Let me just let Ken Layne at Wonkette set this little “discussion about marriage” between NOM’s Maggie Gallagher & “journalism’s” Kathryn Jean Lopez for you:
K-Lo asked a “marriage expert” to explain why she cannot seem to find the happiness Jesus Christ intended for her, in the form of wedded bliss to some tough guy, maybe Tony Soprano, so she wouldn’t have to live out her days as a spinster blogging in an apartment. Imagine the house she could have, in New Jersey! And children, just running around the way children probably run around, on the lawn or whatever. A lawn with a crucifix-picket fence, maybe. Some flowers or whatever, an herb garden. And this might be the night Tony comes home all ginned up and randy, with the sedan parked haphazardly on the lawn! Baby No. 3 could be created tonight.
Indeedy! So let’s see what these two love experts have to say about things:
LOPEZ: Not to be part of the problem here by focusing on Maryland, but: Is Maryland, once the Catholic colony, about to give way to gay marriage?
GALLAGHER: Maryland and Rhode Island are extremely deep-blue states, and with Democratic leaders pushing gay marriage, it’s a tough fight in each state. But Maryland, like Maine, has a referendum process, a “people’s veto.” We are going to win in Maryland, one way or another.
No matter which erstwhile principles they have to abandon!
LOPEZ: How are American marriages? Is this fight helping Americans get their priorities straight (no pun intended)?
GALLAGHER: American marriage is a little-bit-of-good-news-much-bad-news story. Those who enjoy most every other advantage in human and social capital — the college-educated — are seeing something of a minor revival in marriage: low rates of out-of-wedlock childbearing combined with a sharp drop in divorce over the last 20 years.
The other two-thirds of the American population is in a tailspin. The out-of-wedlock birthrate appeared to stop climbing in the late ’90s and early 2000s. Since the gay-marriage debate broke out in 2003, the out-of-wedlock birthrate has continued to skyrocket: We’re getting close to 45 percent of births out of wedlock. (I’m not claiming cause and effect here, just noting the timeline.)
If young people are pro-gay-marriage, the effects of the cluster of attitudes that go with being pro-gay-marriage appear to be more like David Blankenhorn predicted than Jonathan Rauch predicted: It goes along with the idea that family structure is not that important, love makes a family. It tends to reduce marriage to a symbol of romantic love, disconnecting it from childbearing.

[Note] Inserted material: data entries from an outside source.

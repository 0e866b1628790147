//! The command line: its commands with their options and arguments, and the help of each.
//! noticed(8) and noticed-serve(8) have the bounds.
use clap::builder::ValueParser;
use clap::{Arg, ArgAction, Command};
use std::alloc::{AllocError, Global};

/// The version of the program.
pub(crate) const VERSION: &str = "1.0.0";

/// The command line of the program, with this list of faults.
pub(crate) fn command_line<'a>(alloc: Global, faults: &'a str) -> Result<Command<'a>, AllocError> {
    Command::new(alloc, "noticed")
        .version(VERSION)
        .about("Logs outcomes of deliveries, and makes a delivery status notification of each log")
        .subcommand_required(true)
        .subcommand(batch(alloc)?)?
        .subcommand(serve(alloc)?)?
        .subcommand(stop(alloc)?)?
        .subcommand(send(alloc)?)?
        .subcommand(discard(alloc)?)?
        .subcommand(forget(alloc)?)?
        .subcommand(status(alloc)?)?
        .subcommand(journal(alloc)?)?
        .subcommand(hand_in(alloc)?)?
        .subcommand(resubmit(alloc)?)?
        .subcommand(postfix(alloc)?)?
        .subcommand(preview(alloc)?)?
        .subcommand(
            Command::new(alloc, "faults")
                .about("Lists the numbers of faults and refusals")
                .override_help(faults),
        )
}

fn batch<'a>(alloc: Global) -> Result<Command<'a>, AllocError> {
    Command::new(alloc, "batch")
        .about(
            "Answers the request frames of standard input, and writes the outbox to standard output",
        )
        .arg(host(alloc))
}

fn serve<'a>(alloc: Global) -> Result<Command<'a>, AllocError> {
    Command::new(alloc, "serve")
        .about("Answers clients that connect to a Unix socket, and writes or submits the notices")
        .arg(option(alloc, "config", "FILE").help(
            "Takes what is not given here from FILE, whose lines are 'key = value'",
        ))?
        .arg(flag(alloc, "inherited").help("Takes over the socket that the caller listens on"))?
        .arg(option(alloc, "journal", "FOLDER").help(
            "Keeps each request in FOLDER before it is answered",
        ))?
        .arg(option(alloc, "max-journal", "MIB").help(
            "Up to which size the journal's file grows, in MiB, 1 to 4096 [default: 256]",
        ))?
        .arg(flag(alloc, "release-closed").help(
            "Releases the key that was closed longest ago if a new one finds no room",
        ))?
        .arg(option(alloc, "logs", "N").help(
            "How many keys are held at once, closed ones too, 1 to 65536 [default: 4096]",
        ))?
        .arg(option(alloc, "entries", "N").help(
            "How many outcomes a log takes, 1 to 1000 [default: 1000]",
        ))?
        .arg(option(alloc, "hand-in", "HAND-IN").help(
            "Submits the notices to this mail server, in place of an outbox",
        ))?
        .arg(option(alloc, "give-up", "SECONDS").help(
            "How long a notice is tried, 1 to 8640000 [default: 432000]",
        ))?
        .arg(option(alloc, "outbox", "PATH").help("Writes the outbox to PATH, synced"))?
        .arg(option(alloc, "idle", "SECONDS").help(
            "Cuts off a client that is silent, or takes for a frame, SECONDS, 1 to 86400",
        ))?
        .arg(flag(alloc, "end-on-fault").help("Ends the run once the outbox could not be written"))?
        .arg(flag(alloc, "log").help("Logs events on standard error"))?
        .arg(configurable(socket(alloc))?)?
        .arg(configurable(host(alloc))?)?
        .arg(configurable(argument(alloc, "AGENTS").help(
            "How many clients are served at once, 1 to 16",
        ))?)?
        .arg(configurable(argument(alloc, "MAX-USE").help(
            "How many connections each agent takes, 1 to 1000000",
        ))?)
}

/// An argument that may be in the configuration file instead.
fn configurable<'a>(argument: Arg<'a>) -> Result<Arg<'a>, AllocError> {
    argument.required(false).required_unless_present("config")
}

fn stop<'a>(alloc: Global) -> Result<Command<'a>, AllocError> {
    Command::new(alloc, "stop")
        .about("Ends the daemon of a socket in order")
        .arg(socket(alloc))
}

fn send<'a>(alloc: Global) -> Result<Command<'a>, AllocError> {
    Command::new(alloc, "send")
        .about("Sends the request frames of standard input to a daemon, and prints its answers")
        .arg(socket(alloc))
}

fn discard<'a>(alloc: Global) -> Result<Command<'a>, AllocError> {
    Command::new(alloc, "discard")
        .about(
            "Closes one log without a notice: its outcomes are lost, and no sender hears of them",
        )
        .arg(socket(alloc))?
        .arg(service(alloc))?
        .arg(queue_id(alloc))
}

fn forget<'a>(alloc: Global) -> Result<Command<'a>, AllocError> {
    Command::new(alloc, "forget")
        .about(
            "Releases the key of a closed log: a late request about it begins a new log, and its sender may get a second notice",
        )
        .arg(socket(alloc))?
        .arg(service(alloc))?
        .arg(queue_id(alloc))
}

fn status<'a>(alloc: Global) -> Result<Command<'a>, AllocError> {
    Command::new(alloc, "status")
        .about("Prints what a daemon has done and holds, also while all its agents are busy")
        .arg(flag(alloc, "open").help(
            "Prints the open logs: service, queue id, outcomes, seconds",
        ))?
        .arg(
            flag(alloc, "prometheus")
                .help("Prints the numbers in the text format of Prometheus")
                .conflicts_with("open")?,
        )?
        .arg(socket(alloc))
}

fn journal<'a>(alloc: Global) -> Result<Command<'a>, AllocError> {
    Command::new(alloc, "journal")
        .about("Prints what the journal of a folder holds, and changes nothing")
        .arg(folder(alloc))
}

fn hand_in<'a>(alloc: Global) -> Result<Command<'a>, AllocError> {
    Command::new(alloc, "hand-in")
        .about("Submits the notices of the outbox on standard input to a mail server")
        .arg(option(alloc, "done", "FILE").help(
            "Keeps in FILE how many notices are settled, and goes on there",
        ))?
        .arg(
            option(alloc, "give-up", "SECONDS")
                .default_value("432000")
                .help("How long a notice is tried, 1 to 8640000"),
        )?
        .arg(mail_server(alloc))
}

fn resubmit<'a>(alloc: Global) -> Result<Command<'a>, AllocError> {
    Command::new(alloc, "resubmit")
        .about("Submits the refused notices of a journal again, also while its daemon runs")
        .arg(folder(alloc))?
        .arg(host(alloc))?
        .arg(mail_server(alloc))
}

fn postfix<'a>(alloc: Global) -> Result<Command<'a>, AllocError> {
    let command = Command::new(alloc, "postfix").about("Serves a Postfix in place of bounce(8)");
    with_settings(alloc, command)?
        .arg(flag(alloc, "inherited").help("Takes over the sockets that the caller listens on"))?
        .arg(queue_folder(alloc))?
        .arg(host(alloc))?
        .arg(mail_server(alloc))
}

fn preview<'a>(alloc: Global) -> Result<Command<'a>, AllocError> {
    let command = Command::new(alloc, "preview").about(
        "Prints the notices that 'postfix' would make of a message's logs, and changes nothing",
    );
    with_settings(alloc, command)?
        .arg(queue_folder(alloc))?
        .arg(host(alloc))?
        .arg(queue_id(alloc))
}

/// Adds the options that give the settings of a Postfix.
fn with_settings<'a>(alloc: Global, command: Command<'a>) -> Result<Command<'a>, AllocError> {
    command
        .arg(
            option(alloc, "lifetime", "SECONDS")
                .default_value("432000")
                .help("How long Postfix tries a delivery, 1 to 8640000"),
        )?
        .arg(
            option(alloc, "bounce-size-limit", "BYTES")
                .default_value("50000")
                .help("The longest message that is returned whole, 1 to 2147483647"),
        )?
        .arg(option(alloc, "double-bounce", "ADDRESS").help(
            "The sender whose mail gets no notice [default: double-bounce@HOST]",
        ))?
        .arg(
            option(alloc, "hash-queue-names", "NAMES")
                .value_parser(ValueParser::String)
                .default_value("deferred, defer")
                .help("The queues whose folders are hashed"),
        )?
        .arg(
            option(alloc, "hash-queue-depth", "DEPTH")
                .default_value("1")
                .help("How many levels they are hashed by, 1 to 16"),
        )?
        .arg(
            option(alloc, "pass-on", "CLASSES")
                .value_parser(ValueParser::String)
                .default_value("")
                .help("Classes that bounce(8) reports: bounce, 2bounce, delay"),
        )?
        .arg(option(alloc, "templates", "FOLDER").help(
            "Templates of notices: failure, delay, success, verify",
        ))?
        .arg(flag(alloc, "threaded").help("Refers to the Message-ID of a notice's message"))
}

/// The argument QUEUE-FOLDER.
fn queue_folder<'a>(alloc: Global) -> Arg<'a> {
    argument(alloc, "QUEUE-FOLDER").help("Postfix's queue folder")
}

/// The argument FOLDER.
fn folder<'a>(alloc: Global) -> Arg<'a> {
    argument(alloc, "FOLDER").help("The folder of the journal")
}

/// The argument HAND-IN.
fn mail_server<'a>(alloc: Global) -> Arg<'a> {
    argument(alloc, "HAND-IN").help(
        "The mail server: an IP address or localhost with a port, or a socket's path",
    )
}

/// The argument HOST.
fn host<'a>(alloc: Global) -> Arg<'a> {
    argument(alloc, "HOST").help("The name of this mail system in its notices")
}

/// The argument SOCKET. Its length is tested by who reads it.
fn socket<'a>(alloc: Global) -> Arg<'a> {
    argument(alloc, "SOCKET")
        .value_parser(ValueParser::String)
        .help("The path of the daemon's socket")
}

/// The argument SERVICE.
fn service<'a>(alloc: Global) -> Arg<'a> {
    argument(alloc, "SERVICE").help("The log's service: bounce, defer or trace")
}

/// The argument ID.
fn queue_id<'a>(alloc: Global) -> Arg<'a> {
    argument(alloc, "ID").help("The log's queue id")
}

/// An argument that has to be there.
fn argument<'a>(alloc: Global, name: &'a str) -> Arg<'a> {
    Arg::new(alloc, name)
        .required(true)
        .value_parser(ValueParser::NonEmptyString)
}

/// An option with a value.
fn option<'a>(alloc: Global, name: &'a str, value: &'a str) -> Arg<'a> {
    Arg::new(alloc, name)
        .long(name)
        .value_name(value)
        .value_parser(ValueParser::NonEmptyString)
}

/// An option without a value.
fn flag<'a>(alloc: Global, name: &'a str) -> Arg<'a> {
    Arg::new(alloc, name).long(name).action(ArgAction::SetTrue)
}
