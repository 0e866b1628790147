//! The line of a fault on standard error.
//! noticed-protocol(5) gives the bytes of the lines of `batch`, `serve` and `send`: programs compare
//! them. So a fault has its number alone there, and its words only on a terminal.
use dsn_event_log::EventLog;
use dsn_text::fault_words;
use std::io;
use std::io::{Eprint, ErrorKind, IsTerminal, Write};
use std::rt::Stderr;

/// For how many seconds the lines of the event log are waited for.
const SECONDS: u32 = 5;

/// Prints the line of a fault of `batch`, `serve` or `send`: its number, and on a terminal the
/// number's words.
pub(crate) fn print_fault_line(rt: &HostRuntime, code: u32) {
    if rt.stderr().is_terminal() {
        print_worded_fault(rt, code);
    } else {
        let _ = eprintln!(rt; "fault {code}");
    }
}

/// Prints the line of a fault of another command: its number, and the number's words.
pub(crate) fn print_worded_fault(rt: &impl Eprint, code: u32) {
    let _ = eprintln!(rt; "fault {code}: {}", fault_words(code));
}

/// Standard error, to which a run writes each line of its notes by one write, behind what its event
/// log has. If nobody reads that, a write is an error. On a terminal the line of a fault gets the
/// number's words.
#[derive(Drop)]
pub(crate) struct NoteWriter<'a> {
    rt: &'a HostRuntime,
    events: Option<&'a EventLog>,
    stderr: Stderr,
    is_terminal: bool,
}

impl<'a> NoteWriter<'a> {
    /// The writer of the notes of a run with this event log, if it has one.
    pub(crate) fn new(rt: &'a HostRuntime, events: Option<&'a EventLog>) -> NoteWriter<'a> {
        let stderr = rt.stderr();
        let is_terminal = stderr.is_terminal();
        NoteWriter {
            rt,
            events,
            stderr,
            is_terminal,
        }
    }

    /// Waits until the event log is written, for some seconds. Returns whether it is: then somebody
    /// reads standard error, so that a write doesn't block for ever.
    fn is_read(&self) -> bool {
        let Some(events) = self.events else {
            return true;
        };
        for _ in 0..SECONDS {
            if events.settle(self.rt) {
                return true;
            }
        }
        false
    }

    /// Writes the line of this fault with the number's words.
    fn write_worded(&mut self, line: &[u8], code: u32) -> io::Result<()> {
        self.stderr.write_all(line.trim_ascii_end())?;
        self.stderr.write_all(b": ")?;
        self.stderr.write_all(fault_words(code).as_bytes())?;
        self.stderr.write_all(b"\n")
    }
}

impl Write for NoteWriter<'_> {
    fn write(&mut self, text: &[u8]) -> io::Result<usize> {
        if !self.is_read() {
            return Err(io::Error::from(ErrorKind::TimedOut));
        }
        match code_in(text) {
            Some(code) if self.is_terminal => {
                self.write_worded(text, code)?;
                Ok(text.len())
            }
            _ => self.stderr.write(text),
        }
    }

    fn flush(&mut self) -> io::Result<()> {
        self.stderr.flush()
    }
}

/// The number of a fault whose line this is.
fn code_in(line: &[u8]) -> Option<u32> {
    let text = str::from_utf8(line).ok()?;
    text.strip_prefix("fault ")?
        .strip_suffix("\n")?
        .parse()
        .ok()
}
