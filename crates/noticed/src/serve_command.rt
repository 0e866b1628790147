//! The command `serve`.
use crate::arguments::{Destination, ServeArguments, ServeOptions};
use crate::buffer::{ROOM, let_go};
use crate::fault_note::{NoteWriter, print_fault_line};
use crate::hand_in_command::HandInTerms;
use crate::journal_files::{
    lengthen_journal, open_folder, open_outbox, path_in, print_journal_fault, print_outbox_fault,
};
use crate::listening::{check_place, inherit_socket, make_socket};
use crate::outbox_writer::OutboxWriter;
use crate::refused_file::RefusedPlace;
use crate::run_file::RunFile;
use crate::service_socket::service_manager;
use crate::socket_fault::note_socket_fault;
use crate::start_error::StartError;
use crate::status_socket::{StatusSocket, StatusSource, status_path};
use crate::watched_server::WatchedServer;
use dsn_event_log::EventLog;
use dsn_journal::FileDisk;
use dsn_outcome::Plain;
use dsn_smtp::MailServer;
use dsn_text::{MtaName, fault_code};
use noticed_lib::{
    JournalFolder, MailTerms, ServeEnd, ServiceManager, Serving, SocketWatch, WatchOptions,
    WatchedOutbox, WatchedPaths, serve_journaled, serve_submitting, serve_watched,
};
use std::alloc::Global;
use std::io::{BufWriter, ErrorKind};
use std::os::unix::net::UnixListener;
use std::sync::{Arc, Wait};
use std::thread::{JoinHandle, Scope, Threads};
use std::time::{Clock, Instant};
use std::{io, thread};

/// The exit status of a run that didn't begin.
const FAULT: u8 = 1;

/// The bytes of a MiB.
const MIB: u64 = 1_048_576;

/// The notes of a run.
type Notes<'a> = Plain<NoteWriter<'a>>;

/// Runs `serve` over a socket that it makes or inherits, and returns its status. Only in `main` may
/// the runtime start threads and wait, so `waiting` passes it again with these rights.
pub(crate) fn run_serve<R: Threads + Wait + Clock + Copy + Send + Sync + Drop + 'static>(
    rt: &HostRuntime,
    waiting: &R,
    arguments: ServeArguments,
) -> Result<u8, StartError> {
    let options = arguments.options.watch;
    // First of all: a file that is opened here could get the descriptor of one that isn't inherited.
    // And nothing is made for, or beside, a file that is no socket.
    let inherited = match inherited_at(rt, &arguments.socket, options.inherits) {
        Ok(inherited) => inherited,
        Err(error) => return no_socket(rt, options.logs, &arguments.socket, &error),
    };
    let Ok(events) = event_log(rt, waiting, options.logs) else {
        print_fault_line(rt, fault_code::CREW_REFUSED);
        return Ok(FAULT);
    };
    let log = match &events {
        Some(events) => Some(&**events),
        None => None,
    };
    let status = run_at(rt, waiting, inherited, log, arguments);
    if let Some(events) = log {
        events.settle(rt);
    }
    status
}
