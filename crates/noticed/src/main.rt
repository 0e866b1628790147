//! The command `noticed`: what is asked of it, and the exit status. What it does is the library's.
#![tactic(auto)]

mod arguments;
mod batch_command;
mod buffer;
mod command_line;
mod config_file;
mod done_file;
mod fault_list;
mod fault_note;
mod hand_in_command;
mod journal_command;
mod journal_copies;
mod journal_files;
mod listening;
mod log_command;
mod outbox_text;
mod outbox_writer;
mod postfix_command;
mod postfix_serving;
mod postfix_values;
mod preview_command;
mod refused_file;
mod resubmit_command;
mod run_file;
mod send_command;
mod serve_command;
mod serve_values;
mod service_socket;
mod socket_fault;
mod standard_streams;
mod start_error;
mod status_command;
mod status_metrics;
mod status_socket;
mod stop_command;
mod template_files;
mod usage;
mod watched_server;

use arguments::{Command, command_of};
use batch_command::run_batch;
use dsn_text::fault_code;
use fault_list::fault_list;
use fault_note::print_fault_line;
use hand_in_command::run_hand_in;
use journal_command::run_journal;
use log_command::run_log_request;
use postfix_command::run_postfix;
use preview_command::run_preview;
use resubmit_command::run_resubmit;
use send_command::run_send;
use serve_command::run_serve;
use standard_streams::take_closed_streams;
use start_error::StartError;
use status_command::run_status;
use std::alloc::{AllocError, Global};
use std::process::ExitCode;
use stop_command::run_stop;
use usage::usage_line;

fn main(rt: HostRuntime) -> ExitCode {
    let done = match begin(&rt) {
        Ok(Command::Batch { site }) => run_batch(&rt, site),
        Ok(Command::Serve(arguments)) => run_serve(&rt, &rt, arguments),
        Ok(Command::Stop { socket }) => run_stop(&rt, &socket),
        Ok(Command::Send { socket }) => run_send(&rt, &rt, &socket),
        Ok(Command::Log(arguments)) => run_log_request(&rt, &rt, arguments),
        Ok(Command::Status { socket, view }) => run_status(&rt, &socket, view),
        Ok(Command::Journal { folder }) => run_journal(&rt, &folder),
        Ok(Command::HandIn(arguments)) => run_hand_in(&rt, arguments),
        Ok(Command::Resubmit(arguments)) => run_resubmit(&rt, arguments),
        Ok(Command::Postfix(serving)) => run_postfix(&rt, &rt, serving),
        Ok(Command::Preview(arguments)) => run_preview(&rt, arguments),
        Ok(Command::Faults) => print_faults(&rt),
        Err(start_error) => Err(start_error),
    };
    ExitCode::from(match done {
        Ok(status) => status,
        Err(start_error) => print_start_error(&rt, &start_error),
    })
}

/// Sees to the standard streams, and then reads what the arguments ask for.
fn begin(rt: &HostRuntime) -> Result<Command, StartError> {
    take_closed_streams(rt)?;
    command_of(rt)
}

/// Prints the numbers of faults and refusals with their words. Returns the status.
fn print_faults(rt: &HostRuntime) -> Result<u8, StartError> {
    let list = fault_list(rt.alloc())?;
    match print!(rt; "{list}") {
        Ok(()) => Ok(0),
        Err(_) => Ok(1),
    }
}

/// Prints why a command isn't started, or the help or the version that was asked for. Returns the
/// status.
fn print_start_error(rt: &HostRuntime, start_error: &StartError) -> u8 {
    match start_error {
        StartError::CommandLine(shown) if !shown.use_stderr() => {
            let _ = shown.print(rt);
            return 0;
        }
        StartError::CommandLine(error) => {
            if let Ok(text) = format!(in rt.alloc(); "{error}") {
                print_line(rt, reason_in(text.as_str()));
            }
        }
        StartError::Wrong(reason) => {
            if let Ok(text) = format!(in rt.alloc(); "error: {reason}") {
                print_line(rt, text.as_str());
            }
        }
        StartError::NotText => {
            let _ = eprintln!(rt; "error: an argument is not UTF-8");
        }
        StartError::NoMemory => {
            print_fault_line(rt, fault_code::NO_MEMORY);
            return 1;
        }
        StartError::NoStream(error) => {
            let _ = eprintln!(rt; "the standard streams could not be seen to: {error}");
            return 1;
        }
    }
    let _ = eprintln!(rt; "{}", usage_line(rt));
    let _ = eprintln!(rt; "try 'noticed help'");
    2
}

/// What the parser of the command line says of an error, before its own usage.
fn reason_in(text: &str) -> &str {
    match text.split_once("\n\n") {
        Some((reason, _usage)) => reason,
        None => text,
    }
}

/// Prints a text as one line.
fn print_line(rt: &HostRuntime, text: &str) {
    if let Ok(line) = joined(rt.alloc(), text) {
        let _ = eprintln!(rt; "{line}");
    }
}

/// The lines of a text in one, each after a space. An argument may have several.
fn joined(alloc: Global, text: &str) -> Result<String, AllocError> {
    let mut joined = String::new(alloc);
    for line in text.lines() {
        if !joined.is_empty() {
            joined.push_str(" ")?;
        }
        joined.push_str(line.trim())?;
    }
    Ok(joined)
}
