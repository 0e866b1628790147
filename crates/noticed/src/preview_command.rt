//! The command `preview`: prints the notices that `postfix` would make of a message's logs. It runs
//! the code that answers Postfix, over queues of which nothing is changed.
use crate::arguments::{owned, queue_id_of, text_of};
use crate::postfix_values::{PostfixValues, site_with_templates, values_of};
use crate::start_error::StartError;
use crate::status_socket::seconds_of_clock;
use clap::ArgMatches;
use dsn_postfix::{AttributeText, NoticeRequest, PostfixRequest, QueueName};
use dsn_postfix_files::MessageFacts;
use dsn_postfix_notices::MailSystem;
use dsn_postfix_queue::{PreviewSystem, QueueFolder};
use dsn_report::Site;
use dsn_text::{QueueId, Service, Stamp};
use std::alloc::Global;
use std::fmt::Display;
use std::io::{Eprint, Write};

/// The exit status if a message has no log, or a file can't be read.
const NOTHING: u8 = 1;

/// The queues in which a message may be that has a log.
const QUEUES: [&[u8]; 4] = [b"deferred", b"active", b"incoming", b"hold"];

/// What `preview` is given.
#[derive(Drop)]
pub(crate) struct PreviewArguments {
    folder: String,
    site: Site,
    values: PostfixValues,
    id: QueueId,
}

impl PreviewArguments {
    /// The queue folder, the host and the queue id that the arguments name, and the options' values.
    pub(crate) fn of(
        rt: &HostRuntime,
        given: &ArgMatches<'_>,
    ) -> Result<PreviewArguments, StartError> {
        let alloc = rt.alloc();
        let host = text_of(given, "HOST");
        Ok(PreviewArguments {
            folder: owned(alloc, text_of(given, "QUEUE-FOLDER"))?,
            site: site_with_templates(rt, given, host)?,
            values: values_of(alloc, given, host)?,
            id: queue_id_of(alloc, given)?,
        })
    }
}

/// Prints what `postfix` would do with the logs of a message: the notice of failure of its bounce
/// log, that of delay of its defer log, and that of delivery of its trace log. Changes nothing.
/// Returns the status.
pub(crate) fn run_preview(rt: &HostRuntime, arguments: PreviewArguments) -> Result<u8, StartError> {
    let alloc = rt.alloc();
    let hashed = arguments.values.hashed_queues(alloc)?;
    let queues = arguments
        .values
        .queue_folder(&arguments.folder, hashed.as_slice());
    let mut system = PreviewSystem::new(rt, &queues);
    let names = queue_names(alloc)?;
    match system.queue_of(names.as_slice(), arguments.id) {
        Ok(Some(queue)) => {
            preview_logs(rt, &arguments, queue, &mut system);
            print_lines(rt, system)
        }
        Ok(None) => Ok(print_nothing(rt, "no such message in the queues")),
        Err(error) => Ok(print_nothing(rt, error)),
    }
}

/// The names of the queues.
fn queue_names<'a>(alloc: Global) -> Result<Vec<QueueName<'a>>, StartError> {
    let mut names = Vec::new(alloc);
    for name in QUEUES {
        if let Some(name) = QueueName::new(name) {
            names.push(name).map_err(|_| StartError::NoMemory)?;
        }
    }
    Ok(names)
}

/// Writes down what would be done with each log of a message.
fn preview_logs(
    rt: &HostRuntime,
    arguments: &PreviewArguments,
    queue: &QueueName<'_>,
    system: &mut PreviewSystem<'_>,
) {
    let Some(now) = Stamp::new(seconds_of_clock(rt)) else {
        return;
    };
    let Ok(file) = system.read_message(rt.alloc(), queue, arguments.id) else {
        return;
    };
    let settings = arguments.values.settings(&arguments.site);
    for service in [Service::Bounce, Service::Defer, Service::Trace] {
        if !matches!(system.has_log(service, arguments.id), Ok(true)) {
            continue;
        }
        if let Some(request) = request_for(service, arguments.id, queue, &file) {
            system.preview(&settings, service, now, &request);
        }
    }
}

/// The request that Postfix makes for a log, by what the message's file says. Returns `None` if a text
/// of it has a zero byte, which no request has.
fn request_for<'a>(
    service: Service,
    id: QueueId,
    queue: &QueueName<'a>,
    file: &'a [u8],
) -> Option<PostfixRequest<'a>> {
    let facts = match MessageFacts::read(file) {
        Ok(facts) => facts,
        Err(broken) => broken.before,
    };
    let notice = NoticeRequest {
        flags: 0,
        queue_name: queue.lent(),
        queue_id: id,
        encoding: AttributeText::new(b"")?,
        names_sendopts: true,
        send_options: 0,
        sender: AttributeText::new(facts.sender.unwrap_or(b""))?,
        envelope_id: AttributeText::new(facts.envelope_id.unwrap_or(b""))?,
        returns: u32::from(facts.return_flags.unwrap_or(0)),
    };
    Some(match service {
        Service::Bounce => PostfixRequest::Flush(notice),
        Service::Defer => PostfixRequest::Warn(notice),
        Service::Trace => PostfixRequest::Trace(notice),
    })
}

/// Prints what was written down. Returns the status.
fn print_lines(rt: &HostRuntime, system: PreviewSystem<'_>) -> Result<u8, StartError> {
    let lines = system.into_lines()?;
    if lines.is_empty() {
        return Ok(print_nothing(rt, "the message has no log"));
    }
    match rt.stdout().write_all(&lines) {
        Ok(()) => Ok(0),
        Err(_) => Ok(NOTHING),
    }
}

/// Prints why there is nothing to show. Returns the status.
fn print_nothing<D: Display + Drop>(rt: &impl Eprint, why: D) -> u8 {
    let _ = eprintln!(rt; "{why}");
    NOTHING
}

Okay, let’s be serious here for a minute. What Maggie is describing here, in a sort of lying by omission way, is that marriage is incredibly strong among educated, middle/upper-middle class LIBERALS IN BLUE STATES, most of whom support marriage equality, live next door to gay couples, love their gay friends and family, and whatnot. Marriage is NOT doing well in red states, among less-educated people, among more conservative people, etc. She doesn’t want to give away that game to the readers at National Review, but all you have to do is look at the statistics.
In a way, it’s just like arguing with supposedly “pro-life” people. Anybody with an internet connection can use Google to learn that the legal status of abortion has nothing to do with the abortion rate in any given nation, but that pro-choice policies [access to family planning, economic empowerment for women, access to birth control, medical care, etc.] do the most to reduce the NEED for abortion, and thus the actual rate of abortion. Likewise, here, Maggie is citing statistics where marriage is successful, and just conveniently forgetting to tell you that marriage is strongest among the most pro-marriage equality segments of our population.
Maggie and K-Lo’s readers are intellectually lazy, so it’s not a surprise that they pass crap like this on to them.
LOPEZ: What are you most enthusiastic about regarding the marriage issue right now?
GALLAGHER: To me, it’s amazing, given the array of forces pushing for gay marriage and the weak response of most conservative politicians, that the American people have stubbornly dug in their heels on this question: Are two men in a union a marriage?
The answer is “no,” and people really do know it. Marriage is the union of husband and wife — for a reason. Creating a world where people are treated like haters or bigots for standing for marriage is irrational, and people know that, too. An America in which Genesis is akin to racism is an America that will be unrecognizable. Ideas have consequences, and this idea cuts us off from our roots and makes the future much harder.
And now Maggie’s just conveniently pretending like support for marriage equality hasn’t been growing every single year, hasn’t crossed the 50% line, isn’t supported by overwhelming majorities of the segments of the population which are most likely to stay alive for a while, and just feeding more delusional bullhonkey to her supporters. And her throwaway line about “Genesis being akin to racism” is meaningless to educated people, but she knows which dogwhistles to use with her audience. “The Bible ain’t racist! Evildoers!” Etc.
Anyway, happy Valentine’s Day to our readers, however you are or aren’t celebrating!